By giving the flies genetically encoded calcium indicators, the researchers could make the flies’ neurons shine brightly when activated. Thanks to the latest imaging techniques, they then saw the changing, wavelike pattern of light being emitted, which was previously averaged out and missed.
Next, the team wants to figure out how these neurons fit into the broader circuitry of the brain. Although the neurons exist in a known visual region of the brain, the researchers do not yet know from where the neurons are receiving inputs and to where they are transmitting them, to regulate visual escape from objects perceived as dangerous.
“Our next goal is to uncover how visual information is transmitted within the brain, so that we can ultimately draw a complete circuit diagram of how fear regulates vision,” said Tsuji.
“One day, our discovery might perhaps provide a clue to help with the treatment of psychiatric disorders stemming from exaggerated fear, such as anxiety disorders and phobias.”
About this fear and visual neuroscience research news
Author: Joseph Krisher
Source: University of Tokyo
Contact: Joseph Krisher – University of Tokyo
Image: The image is credited to Neuroscience News
Original Research: Open access.
“Threat gates visual aversion via theta activity in Tachykinergic neurons” by Masato Tsuji et al. Nature Communications
Abstract
Threat gates visual aversion via theta activity in Tachykinergic neurons
Animals must adapt sensory responses to an ever-changing environment for survival. Such sensory modulation is especially critical in a threatening situation, in which animals often promote aversive responses to, among others, visual stimuli.

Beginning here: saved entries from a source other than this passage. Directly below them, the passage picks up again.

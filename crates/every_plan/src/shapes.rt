// The shapes of the nets that are tried, for a grid of five columns.
use net::records::record::Record;

// How many records a shape has at most.
pub(crate) const RECORDS: usize = 6;

// A static calls no function, so a macro writes its records: a tile that hangs from the record of an index, and whether
// it holds a sink.
macro_rules! record {
    ($tile:literal from $parent:literal) => {
        Record {
            tile: $tile,
            parent: $parent,
            sink: false,
        }
    };
    ($tile:literal from $parent:literal, sink) => {
        Record {
            tile: $tile,
            parent: $parent,
            sink: true,
        }
    };
}

pub(crate) static SHAPES: [&[Record]; 12] = [
    // The driver alone, with a sink in its tile.
    &[record!(12 from 0, sink)],
    // A chain of two.
    &[record!(12 from 0), record!(13 from 0, sink)],
    // A chain of four.
    &[
        record!(10 from 0),
        record!(11 from 0),
        record!(12 from 1),
        record!(13 from 2, sink),
    ],
    // A chain of six, with a corner.
    &[
        record!(0 from 0),
        record!(1 from 0),
        record!(2 from 1),
        record!(3 from 2),
        record!(4 from 3),
        record!(9 from 4, sink),
    ],
    // A chain with sinks on its way.
    &[
        record!(0 from 0),
        record!(1 from 0, sink),
        record!(2 from 1),
        record!(3 from 2, sink),
        record!(8 from 3, sink),
        record!(13 from 4, sink),
    ],
    // A fork beside the driver.
    &[
        record!(12 from 0),
        record!(13 from 0),
        record!(8 from 1, sink),
        record!(18 from 1, sink),
    ],
    // A fork in three, two tiles away.
    &[
        record!(10 from 0),
        record!(11 from 0),
        record!(12 from 1),
        record!(7 from 2, sink),
        record!(17 from 2, sink),
        record!(13 from 2, sink),
    ],
    // A driver with four children.
    &[
        record!(12 from 0),
        record!(7 from 0, sink),
        record!(11 from 0, sink),
        record!(13 from 0, sink),
        record!(17 from 0, sink),
    ],
    // A driver with four children, one of which goes on.
    &[
        record!(12 from 0),
        record!(7 from 0, sink),
        record!(11 from 0, sink),
        record!(13 from 0, sink),
        record!(17 from 0),
        record!(22 from 4, sink),
    ],
    // A comb with two teeth.
    &[
        record!(0 from 0),
        record!(1 from 0),
        record!(6 from 1, sink),
        record!(2 from 1),
        record!(7 from 3, sink),
        record!(3 from 3, sink),
    ],
    // Two arms, their records in turn.
    &[
        record!(12 from 0),
        record!(11 from 0),
        record!(13 from 0),
        record!(10 from 1, sink),
        record!(14 from 2, sink),
    ],
    // A child of the driver that comes late.
    &[
        record!(12 from 0),
        record!(13 from 0),
        record!(11 from 0, sink),
        record!(14 from 1, sink),
        record!(17 from 0, sink),
        record!(8 from 1, sink),
    ],
];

Recently, threatened Drosophila has been shown to exhibit a defensive internal state. Whether and how threatened Drosophila promotes visual aversion, however, remains elusive.
Here we report that mechanical threats to Drosophila transiently gate aversion from an otherwise neutral visual object.
We further identified the neuropeptide tachykinin, and a single cluster of neurons expressing it (“Tk-GAL42 ∩ Vglut neurons”), that are responsible for gating visual aversion.
Calcium imaging analysis revealed that mechanical threats are encoded in Tk-GAL42 ∩ Vglut neurons as elevated activity. Remarkably, we also discovered that a visual object is encoded in Tk-GAL42 ∩ Vglut neurons as θ oscillation, which is causally linked to visual aversion.
Our data reveal how a single cluster of neurons adapt organismal sensory response to a threatening situation through a neuropeptide and a combination of rate/temporal coding schemes.